I also don't understand whether I should be multiplying; does the multiplication sign belong to the 2 or 7, or both, or neither?

Also why does it seem to work for multiplication, addition and subtraction but not division:

6 = 3 * 2
6/3 = 2

6= 1 + 5
1) 6-1 = 5
2) 6-5=1

6 = 10 - 4
1) 6-10 = -4
2) 6+4=10

I am very appreciative of your patience and time whilst you read this. I again apologise for the messiness and confusion.
 
I apologise if the title is confusing (and if the rest of the post is...); this isn't necessarily a question I was given, just something I was thinking about.

why is it when my multiply the 12 to get it to the other side that the equation becomes unbalanced; why does doing the inverse not maintain the balance?:

6 = 12 / 2
6 * 12 = 1/2
[is a half even the correct product if the 12 goes to the other side?]
72 = 1/2 ??
Let's consdier the first question.
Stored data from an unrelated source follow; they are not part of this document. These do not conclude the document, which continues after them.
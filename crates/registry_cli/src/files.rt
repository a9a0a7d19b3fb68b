//! The program over database files.
use crate::databases::Databases;
use crate::progress::CheckProgress;
use crate::stored::run_in_files;
use crate::supposed::Supposed;
use either::Either;
use layout_opening::WrittenBeside;
use registry_tasks::Servers;
use sqlite::FileFrom;
use std::convert::AsStr;
use std::io::{Read, Write};
use store_bytes::TableContents;
use store_pack::PackContents;

/// Does what the words say, over files of which `F` says what is supposed of databases, and `P` of files of
/// contents.
pub fn run<F: Supposed + WrittenBeside<P>, P: Supposed, T: AsStr, R: Read, W: Write, E: Write>(
    rt: &HostRuntime,
    words: &[T],
    reader: &mut R,
    out: &mut W,
    err: &mut E,
) -> u8 {
    let mut databases = Databases::<F, P>::new(rt);
    let mut servers = Servers::new(rt);
    let watch = CheckProgress::new(rt);
    run_in_files::<
        FileFrom<F>,
        Either<TableContents, PackContents<FileFrom<P>>>,
        Databases<'_, F, P>,
        Servers<'_>,
        CheckProgress<'_>,
        T,
        R,
        W,
        E,
    >(
        rt,
        &mut databases,
        &mut servers,
        &watch,
        words,
        reader,
        out,
        err,
    )
}
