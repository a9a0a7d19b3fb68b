//! How long connections have been silent, by the time that is handed in.
ghost use Rattle.std.specs.Prelude.{◌≡◌, option_map, IfSome, IfNone};

use crate::connection::{find_silent, oldest};
use crate::connections::Connections;

/// After so many milliseconds the earliest last sign of life is looked up again.
const LOOKS_EACH: u64 = 1_000;

impl Connections {
    ghost use Rattle.registry_server.specs.Showing.{connected};
    ghost use Rattle.registry_server.specs.Lives.{excused_at, moved_by, life_of, silence_of};
    ghost use Rattle.registry_server.specs.Lives.{LivesBut, LivesAt, NoneSilent, IsSilent};

    /// It is this time, in milliseconds from whenever.
    pub fn tick(&mut self, time: u64)
        ensures same { connected self.new ≡ connected self.old }
        ensures lives { LivesAt time self.old self.new }
    {
        self.time = time;
        self.oldest = self.oldest.min(time);
        if time.saturating_sub(self.looked) < LOOKS_EACH {
            return;
        }
        self.looked = time;
        self.oldest = oldest(&self.connections, time);
    }

    /// So many bytes moved on a connection beside those that are told of here: they were read and let fall.
    pub fn note_moved(&mut self, number: u64, count: usize)
        ensures same { connected self.new ≡ connected self.old }
        ensures lives { LivesBut number (option_map (moved_by count self.old.time) (life_of number self.old))
            self.old self.new }
    {
        let time = self.time;
        if let Some(at) = self.place_of(number) {
            self.connections[at].note_moved(count, time);
        }
    }

    /// The server itself made a connection wait: its silence begins anew now.
    pub fn excuse(&mut self, number: u64)
        ensures same { connected self.new ≡ connected self.old }
        ensures lives { LivesBut number (option_map (excused_at self.old.time) (life_of number self.old))
            self.old self.new }
    {
        let time = self.time;
        if let Some(at) = self.place_of(number) {
            self.connections[at].excuse(time);
        }
    }

    /// For how many milliseconds there was no sign of life on a connection; 0 where it is not open. These are
    /// signs of life: that it came, 65,536 bytes that came or went, and the last byte of a reply.
    pub fn silence(&self, number: u64) -> u64
        ensures { result ≡ silence_of number self.now }
    {
        match self.under(number) {
            Some(connection) => self.time.saturating_sub(connection.life.since),
            None => 0,
        }
    }

    /// One that has been silent for so many milliseconds; none where none has.
    pub fn silent(&self, limit: u64) -> Option<u64>
        ensures silent { IfSome result (λ number. IsSilent limit number self.now) }
        ensures none { IfNone result (NoneSilent limit self.now) }
    {
        if self.time - self.oldest < limit {
            return None;
        }
        let at = find_silent(&self.connections, self.time, limit)?;
        Some(self.connections[at].number)
    }
}
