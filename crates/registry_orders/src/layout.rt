//! How a new registry keeps its contents.
ghost use Rattle.std.specs.Prelude.{◌≡◌, IfOk, IfErr, MatchResult};
ghost use Rattle.clap.specs.Words.{found_of, rows_of};
ghost use Rattle.registry_orders.specs.Failures.{IsOfWords};
ghost use Rattle.registry_orders.specs.Layouts.{layout_text, NamesNoLayout, IsLayoutIn, IsUnfitLayout};

use crate::failure::Failure;
use crate::given::text_given;
use clap::ArgMatches;

/// How a new registry keeps its contents. One that is there is opened as what it is.
#[derive(Clone, Copy)]
pub enum Layout {
    /// In tables of its database.
    Tables,
    /// In one file beside its database.
    Beside,
}

/// The layout that a text names. The error is `InvalidOptions`: it names none.
fn layout_named(text: &str) -> Result<Layout, Failure>
    ensures named { IfOk result (λ layout. text.now ≡ layout_text layout) }
    ensures other { IfErr result (λ failure.
        (failure ≡ Failure.InvalidOptions) × NamesNoLayout text.now) }
{
    match text {
        "tables" => Ok(Layout::Tables),
        "beside" => Ok(Layout::Beside),
        _ => Err(Failure::InvalidOptions),
    }
}

/// How a new registry is to keep its contents; without the option in tables. The error is `InvalidOptions`:
/// the option's text names no layout, or `--db` is not given.
pub(crate) fn layout_given(matches: &ArgMatches) -> Result<Layout, Failure>
    ensures found { IfOk result (IsLayoutIn (rows_of (found_of matches.now))) }
    ensures refused { IfErr result IsOfWords }
    ensures unfit { IfErr result (λ failure.
        (failure ≡ Failure.InvalidOptions) × IsUnfitLayout (rows_of (found_of matches.now))) }
{
    match (text_given(matches, "layout"), text_given(matches, "db")) {
        (None, _) => Ok(Layout::Tables),
        (Some(text), Some(_)) => layout_named(text),
        (Some(_), None) => Err(Failure::InvalidOptions),
    }
}
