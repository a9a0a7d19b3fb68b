//! What the words of a command line ask for.
ghost use Rattle.std.specs.Prelude.{IfErr, IfOk, codes};
ghost use Rattle.clap.specs.Words.{found_of, rows_of};
ghost use Rattle.registry_orders.specs.Failures.{IsOfWords};
ghost use Rattle.registry_orders.specs.Tasks.{IsTaskIn};

use crate::beside::{Beside, beside_given};
use crate::failure::Failure;
use crate::given::{number_given, text_given};
use crate::layout::{Layout, layout_given};
use crate::limits::{Limits, limits_given};
use crate::options::Setup;
use crate::orders::{Order, TokenOrder, read_order, read_token_order};
use crate::place::{Place, place_given};
use crate::served::{Served, served_given};
use crate::settings::settings_given;
use crate::tokens::{TokenSource, is_token_given, token_source};
use clap::ArgMatches;
use registry_model::Settings;
use std::alloc::Global;

/// What there is to do.
#[derive(Drop)]
pub enum Task<'a> {
    /// Serve standard input over a registry in memory, with these settings.
    Memory {
        setup: Setup,
        settings: Settings,
    },
    /// Serve standard input over the registry at a path, with these settings. One that is not there is made,
    /// here and below, with this layout.
    Stored {
        path: &'a str,
        layout: Layout,
        settings: Settings,
    },
    /// Serve an address over a registry, so many connections, within these limits.
    Server {
        served: Served<'a>,
        layout: Layout,
        address: &'a str,
        connections: u64,
        limits: Limits,
        beside: Beside<'a>,
        settings: Settings,
    },
    /// Carry out an order, here or by a server.
    Order {
        place: Place<'a>,
        layout: Layout,
        order: Order,
    },
    /// Carry out an order with a token that is read elsewhere, here or by a server.
    TokenOrder {
        place: Place<'a>,
        layout: Layout,
        source: TokenSource<'a>,
        order: TokenOrder,
    },
    /// Look for what is wrong in the registry at a path.
    Check {
        path: &'a str,
    },
    /// Take over the registry of schema 1 at a path.
    Migration {
        path: &'a str,
    },
    /// End the server that takes orders at the socket at a path.
    Stop {
        path: &'a str,
    },
}

/// What `registry stdio` is to serve, and how.
fn stdio_task<'a>(alloc: Global, matches: &ArgMatches<'a>) -> Result<Task<'a>, Failure>
    ensures read { IfOk result (IsTaskIn (codes "stdio") (rows_of (found_of matches.now))) }
    ensures refused { IfErr result IsOfWords }
{
    let settings = settings_given(matches)?;
    let layout = layout_given(matches)?;
    match served_given(alloc, matches)? {
        Served::Memory(setup) => Ok(Task::Memory { setup, settings }),
        Served::Stored(path) => Ok(Task::Stored {
            path,
            layout,
            settings,
        }),
    }
}

/// What `registry serve` is to serve, and how.
fn serve_task<'a>(alloc: Global, matches: &ArgMatches<'a>) -> Result<Task<'a>, Failure>
    ensures read { IfOk result (IsTaskIn (codes "serve") (rows_of (found_of matches.now))) }
    ensures refused { IfErr result IsOfWords }
{
    let Some(address) = text_given(matches, "listen") else {
        return Err(Failure::InvalidOptions);
    };
    let connections = number_given(matches, "connections")?;
    let limits = limits_given(matches)?;
    let beside = beside_given(matches);
    let settings = settings_given(matches)?;
    let layout = layout_given(matches)?;
    let served = served_given(alloc, matches)?;
    Ok(Task::Server {
        served,
        layout,
        address,
        connections,
        limits,
        beside,
        settings,
    })
}

fn order_task<'a>(alloc: Global, word: &str, matches: &ArgMatches<'a>) -> Result<Task<'a>, Failure>
    ensures read { IfOk result (IsTaskIn word.now (rows_of (found_of matches.now))) }
    ensures refused { IfErr result IsOfWords }
{
    let place = place_given(matches)?;
    let layout = layout_given(matches)?;
    let order = read_order(alloc, word, matches)?;
    Ok(Task::Order {
        place,
        layout,
        order,
    })
}

/// An order with a token, which is on the command line or is read elsewhere.
fn token_task<'a>(alloc: Global, word: &str, matches: &ArgMatches<'a>) -> Result<Task<'a>, Failure>
    ensures read { IfOk result (IsTaskIn word.now (rows_of (found_of matches.now))) }
    ensures refused { IfErr result IsOfWords }
{
    let Some(source) = token_source(matches)? else {
        return order_task(alloc, word, matches);
    };
    let place = place_given(matches)?;
    let layout = layout_given(matches)?;
    let order = read_token_order(alloc, word, matches)?;
    Ok(Task::TokenOrder {
        place,
        layout,
        source,
        order,
    })
}

/// The task of a subcommand over a database that no server holds.
fn database_task<'a>(word: &str, matches: &ArgMatches<'a>) -> Result<Task<'a>, Failure>
    ensures read { IfOk result (IsTaskIn word.now (rows_of (found_of matches.now))) }
    ensures refused { IfErr result IsOfWords }
{
    let Some(path) = text_given(matches, "db") else {
        return Err(Failure::InvalidOptions);
    };
    match word {
        "check" => Ok(Task::Check { path }),
        "migrate" => Ok(Task::Migration { path }),
        _ => Err(Failure::InvalidOptions),
    }
}

fn stop_task<'a>(matches: &ArgMatches<'a>) -> Result<Task<'a>, Failure>
    ensures read { IfOk result (IsTaskIn (codes "stop") (rows_of (found_of matches.now))) }
    ensures refused { IfErr result IsOfWords }
{
    match text_given(matches, "orders") {
        Some(path) => Ok(Task::Stop { path }),
        None => Err(Failure::InvalidOptions),
    }
}

/// The task of a subcommand, by its word and its options.
pub(crate) fn task_of<'a>(
    alloc: Global,
    word: &str,
    matches: &ArgMatches<'a>,
) -> Result<Task<'a>, Failure>
    ensures read { IfOk result (IsTaskIn word.now (rows_of (found_of matches.now))) }
    ensures refused { IfErr result IsOfWords }
{
    match word {
        "stdio" => stdio_task(alloc, matches),
        "serve" => serve_task(alloc, matches),
        "check" | "migrate" => database_task(word, matches),
        "stop" => stop_task(matches),
        "grant" | "revoke" => token_task(alloc, word, matches),
        // without a token, the levels of all are listed
        "grants" if is_token_given(matches) => token_task(alloc, word, matches),
        _ => order_task(alloc, word, matches),
    }
}
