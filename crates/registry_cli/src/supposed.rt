//! What is supposed of files each time that they are opened.
use sqlite::{Start, Unknown};

/// Files of which the same is supposed each time that they are opened.
pub trait Supposed: Start {
    fn new() -> Self;
}

impl Supposed for Unknown {
    fn new() -> Unknown {
        Unknown
    }
}
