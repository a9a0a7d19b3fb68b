//! Where an order is carried out.
ghost use Rattle.std.specs.Prelude.{◌≡◌, IfOk, IfErr};
ghost use Rattle.clap.specs.Words.{found_of, rows_of};
ghost use Rattle.registry_orders.specs.Failures.{IsOfWords};
ghost use Rattle.registry_orders.specs.Places.{IsPlaceIn, IsPlaceless};

use crate::failure::Failure;
use crate::given::text_given;
use clap::ArgMatches;

/// Where an order is carried out.
#[derive(Clone, Copy)]
pub enum Place<'a> {
    /// Here, over the registry in the database at a path.
    Database(&'a str),
    /// By the server that takes orders at the socket at a path.
    Server(&'a str),
}

/// The place of an order, which is given by one of `--db` and `--orders`. The error is `InvalidOptions`:
/// both are given, or neither is.
pub fn place_given<'a>(matches: &ArgMatches<'a>) -> Result<Place<'a>, Failure>
    ensures found { IfOk result (IsPlaceIn (rows_of (found_of matches.now))) }
    ensures refused { IfErr result IsOfWords }
    ensures placeless { IfErr result (λ failure.
        (failure ≡ Failure.InvalidOptions) × IsPlaceless (rows_of (found_of matches.now))) }
{
    match (text_given(matches, "db"), text_given(matches, "orders")) {
        (Some(path), None) => Ok(Place::Database(path)),
        (None, Some(path)) => Ok(Place::Server(path)),
        _ => Err(Failure::InvalidOptions),
    }
}
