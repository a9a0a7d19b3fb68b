//! New database files.
use std::fs::OpenOptions;
use std::io::{IsTerminal, Write};
use std::os::unix::fs::OpenOptionsExt;

/// Whether SQLite takes the path for that of a file.
pub fn names_a_file(path: &str) -> bool {
    path != ":memory:" && !path.starts_with("file:")
}

/// Makes the file of a new database, which its owner alone may read and write, where nothing is at the
/// path; an opening takes an empty file for a new database. On a terminal it is said that it was made.
/// Where the file cannot be made, the opening tells.
pub fn begin(rt: &HostRuntime, path: &str) {
    if !names_a_file(path) {
        return;
    }
    let made = OpenOptions::new()
        .write(true)
        .create_new(true)
        .mode(0o600)
        .open(rt, path);
    let mut err = rt.stderr();
    if made.is_ok() && err.is_terminal() {
        let _ = writeln!(
            err,
            "registry: {path} was not there: a new database is made"
        );
    }
}
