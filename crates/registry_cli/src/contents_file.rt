//! The file of a registry's contents, beside its database.
ghost use Rattle.std.specs.Prelude.{◌≡◌, false, IsTrue, IfOk};
ghost use Rattle.sqlite_std_file.specs.File.{IsFresh, file_is_usable};

use crate::looking::cause_of_opening;
use crate::refusal::Refusal;
use crate::supposed::Supposed;
use layout_opening::PackFile;
use registry_orders::Cause;
use sqlite::FileFrom;
use sqlite_disk::Files;
use sqlite_std_file::OpenError;
use std::fs::OpenOptions;
use std::hash::{BuildHasher, RandomState};
use std::io::{ErrorKind, Read};
use std::marker::PhantomData;
use std::os::unix::fs::{MetadataExt, OpenOptionsExt};
use std::{fs, io};

/// What a pack begins with.
const MAGIC: &[u8] = b"firkhen contents 1\n";

/// The bytes of a pack's head, in which there are no contents yet.
const HEAD: u64 = 8192;

/// `PATH-contents`, where PATH is where the path of the database leads.
#[derive(Drop)]
pub struct ContentsFile<'a, P: Supposed> {
    rt: &'a HostRuntime,
    path: &'a str,
    supposed: PhantomData<P>,
}

impl<'a, P: Supposed> ContentsFile<'a, P> {
    /// The file beside the database at this path, which is there.
    pub fn beside(rt: &'a HostRuntime, path: &'a str) -> ContentsFile<'a, P> {
        ContentsFile {
            rt,
            path,
            supposed: PhantomData,
        }
    }
}

fn refusal_of_io(rt: &HostRuntime, path: &str, error: io::Error) -> Refusal {
    match error.kind() {
        ErrorKind::OutOfMemory => Refusal::of_memory(),
        kind => Refusal::of_storage(cause_of_opening(rt, path, kind)),
    }
}

/// The path of the file.
fn path_beside(rt: &HostRuntime, path: &str) -> io::Result<String> {
    let real = fs::canonicalize(rt, path)?;
    Ok(format!(in rt.alloc(); "{}-contents", real.as_str())?)
}

/// Whether something is at the path.
fn is_there(rt: &HostRuntime, path: &str) -> bool {
    fs::symlink_metadata(rt, path).is_ok()
}

/// Whether the file is empty, or has nothing but the head of a pack: what is left of the making of a registry
/// that was broken off.
fn is_unused(rt: &HostRuntime, path: &str) -> io::Result<bool> {
    let found = fs::symlink_metadata(rt, path)?;
    if !found.is_file() || found.len() > HEAD {
        return Ok(false);
    }
    let mut head = [0; 19];
    let count = fs::open(rt, path)?.read(&mut head)?;
    Ok(count == 0 || head.as_slice() == MAGIC)
}

/// Makes the file of a new registry, which its owner alone may read and write. One that is there is taken
/// where it is unused.
fn begin_contents(rt: &HostRuntime, path: &str) -> Result<(), Refusal> {
    let made = OpenOptions::new()
        .write(true)
        .create_new(true)
        .mode(0o600)
        .open(rt, path);
    match made {
        Ok(_) => Ok(()),
        Err(error) if error.kind() == ErrorKind::AlreadyExists => match is_unused(rt, path) {
            Ok(true) => Ok(()),
            Ok(false) => Err(Refusal::of_storage(Some(Cause::ContentsThere))),
            Err(error) => Err(refusal_of_io(rt, path, error)),
        },
        Err(error) => Err(refusal_of_io(rt, path, error)),
    }
}

fn refusal_of_files(rt: &HostRuntime, path: &str, error: OpenError) -> Refusal {
    match error {
        OpenError::OutOfMemory => Refusal::of_memory(),
        OpenError::Busy => Refusal::of_storage(Some(Cause::InUse)),
        OpenError::HotJournal => Refusal::of_storage(Some(Cause::Journal)),
        OpenError::Io(error) => refusal_of_io(rt, path, error),
    }
}

/// Opens the file, as one of a database is: no other process opens it meanwhile, and what it held has
/// settled. The log that the kit opens beside it stays empty.
fn open_contents<P: Supposed>(rt: &HostRuntime, path: &str) -> Result<FileFrom<P>, Refusal>
    ensures fresh { IfOk result (λ file. IsFresh {start = P.Start} false file) }
    ensures usable { IfOk result (λ file. IsTrue (file_is_usable P.Start file)) }
{
    match sqlite_std_file::open(rt, path, P::new()) {
        Ok(files) => {
            let Files { log, db } = files;
            drop(log);
            Ok(db)
        }
        Err(error) => Err(refusal_of_files(rt, path, error)),
    }
}

impl<P: Supposed> PackFile<FileFrom<P>> for ContentsFile<'_, P> {
    type Refused = Refusal;

    ghost bytes = { λ _. P.Start.db };

    fn find(&mut self) -> Result<FileFrom<P>, Refusal> {
        let path = match path_beside(self.rt, self.path) {
            Ok(path) => path,
            Err(error) => return Err(refusal_of_io(self.rt, self.path, error)),
        };
        if !is_there(self.rt, path.as_str()) {
            return Err(Refusal::of_storage(Some(Cause::NoContents)));
        }
        open_contents(self.rt, path.as_str())
    }

    fn create(&mut self) -> Result<FileFrom<P>, Refusal> {
        let path = match path_beside(self.rt, self.path) {
            Ok(path) => path,
            Err(error) => return Err(refusal_of_io(self.rt, self.path, error)),
        };
        begin_contents(self.rt, path.as_str())?;
        open_contents(self.rt, path.as_str())
    }

    fn draw_mark(&mut self) -> Result<[u8; 16], Refusal> {
        match RandomState::new(self.rt) {
            Ok(state) => {
                let mut mark = [0; 16];
                mark[..8].copy_from_slice(&state.hash_one(&0u8).to_le_bytes());
                mark[8..].copy_from_slice(&state.hash_one(&1u8).to_le_bytes());
                Ok(mark)
            }
            Err(error) => Err(refusal_of_io(self.rt, self.path, error)),
        }
    }
}
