//! How far a migration or a check is, shown on a terminal.
use std::io::{IsTerminal, Stderr, Write};
use store_migration::{MovedRows, OldTable, Watch};

/// One line on standard error, written over itself; nothing where that is no terminal.
#[derive(Drop)]
pub struct Progress {
    err: Stderr,
    shown: bool,
}

impl Progress {
    pub fn new(err: Stderr) -> Progress {
        let shown = err.is_terminal();
        Progress { err, shown }
    }

    /// What was moved, in the line's place.
    pub fn finish(&mut self, moved: MovedRows) {
        if self.shown {
            let _ = writeln!(
                self.err,
                "\rregistry: moved {} blobs, {} manifests, {} sessions\u{1b}[K",
                moved.blobs, moved.manifests, moved.sessions
            );
        }
    }
}

impl Watch for Progress {
    fn moved(&mut self, table: OldTable, done: usize, of: usize) {
        if !self.shown {
            return;
        }
        let rows = match table {
            OldTable::Blobs => "blobs",
            OldTable::Manifests => "manifests",
            OldTable::Sessions => "sessions",
        };
        let _ = write!(self.err, "\rregistry: {done} of {of} {rows}\u{1b}[K");
    }
}

/// How far a check is, on one line of standard error that is written over itself; nothing where that is no
/// terminal.
#[derive(Drop)]
pub struct CheckProgress<'a> {
    rt: &'a HostRuntime,
}

impl<'a> CheckProgress<'a> {
    pub fn new(rt: &'a HostRuntime) -> CheckProgress<'a> {
        CheckProgress { rt }
    }
}

impl registry_checking::Watch for CheckProgress<'_> {
    fn looked_at(&self, done: u64, of: u64) {
        let mut err = self.rt.stderr();
        if !err.is_terminal() {
            return;
        }
        let end = if done == of { "\n" } else { "" };
        let _ = write!(
            err,
            "\rregistry: {done} of {of} blobs and manifests\u{1b}[K{end}"
        );
    }
}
To maintain the equality you can only apply the same operation to both sides: you can either divide both sides by 12, or multiply both sides by 12. In this case you divided the right side and multiplied the left side. Makes sense?
 
So to maintain equality, I can only do:
6 * 12= (12/2) * 12

or

6/12 = 1/2

But I was always taught, when you move a number from one side of the equals sign to the other, you must to the inverse operation of that number, i.e. I wanted to get rid of 12 on one side, so I multiplied it to the other. What is it that I am doing here, why does this method not apply to this equation? (apologies for the excessive questioning, very appreciative of your help).
 
I'm not quite sure what your method is (but putting a sign before each number)

6= 0 +1 + 5
1) 6-1 = 5
2) 6-5=1

6 = 0 +10 - 4
1) 6-10 = -4
2) 6+4=10

6 = 1 *3 * 2
6/3 = 2
6/2=3

6=1 *12 /2
6/12=1/2
6*2=12
 
I'm not quite sure what your method is (but putting a sign before each number)

6= 0 +1 + 5
1) 6-1 = 5
2) 6-5=1

6 = 0 +10 - 4
1) 6-10 = -4
2) 6+4=10

6 = 1 *3 * 2
6/3 = 2
6/2=3

6=1 *12 /2
6/12=1/2
6*2=12
So the sign in front of 12 is multiplication. And to move it to the other side you can only do the inverse operation of a respective number's sign i.e. since 12's sign is *, I can only divide; since the 2's sign is /, I can only divide?
 
So the sign in front of 12 is multiplication. And to move it to the other side you can only do the inverse operation of a respective number's sign i.e. since 12's sign is *, I can only divide; since the 2's sign is /, I can only divide?
I think you meant the last word to be 'multiply'.
If so, yes, (if this is the way you think about these things), you have got it right.
 
Snakehead.....the problem you have comes about because the secondary school system does a pathetic job of explaining the REAL NUMBER SYSTEM. Your symbol 12/ 2 means 12 times the symbol (1/2) where (1/2) is the multiplicative inverse of 2.....1/2 times 2 = 1 , the multiplicative identity . The operations of the RNS are something we call ' addition and multiplication , denoted by + & x ' . The symbol ( - 2 ) is termed the additive inverse of 2, ie (-2) + 2 = 0 .... 6 - 1 ≡ 5 + 1 + ( - 1) = 5 + 0 = 5........ 12 / 2 = 6 x 2 x (1/2) = 6 x 1 = 6
 
Why would you be tempted to DIVIDE BY A term? BETTER REVIEW THE DIFFEREnce BETWEEN A TERM And a FACTOR.
 
So to maintain equality, I can only do:
6 * 12= (12/2) * 12

or

6/12 = 1/2

But I was always taught, when you move a number from one side of the equals sign to the other, you must to the inverse operation of that number, i.e. I wanted to get rid of 12 on one side, so I multiplied it to the other. What is it that I am doing here, why does this method not apply to this equation? (apologies for the excessive questioning, very appreciative of your help).
I have always disliked the phrase "move a number from one side of the equals side to the other". Students often don't understand what "moving a number" means. Rather "whatever operation you do on one side you must do on the other side". You first have "6= 12/2". To get rid of the 12 on the right side, since it is in the numerator, you need to divide by it- and, of course divide by 12 on the right: 6/12= (12/2)/12, 1/2= 1/2 Or to get rid of the 2 on the right, since it is in the denominator, you need to multiply by 2- on both sides.
6(2)= (12/2)(2), 12=12.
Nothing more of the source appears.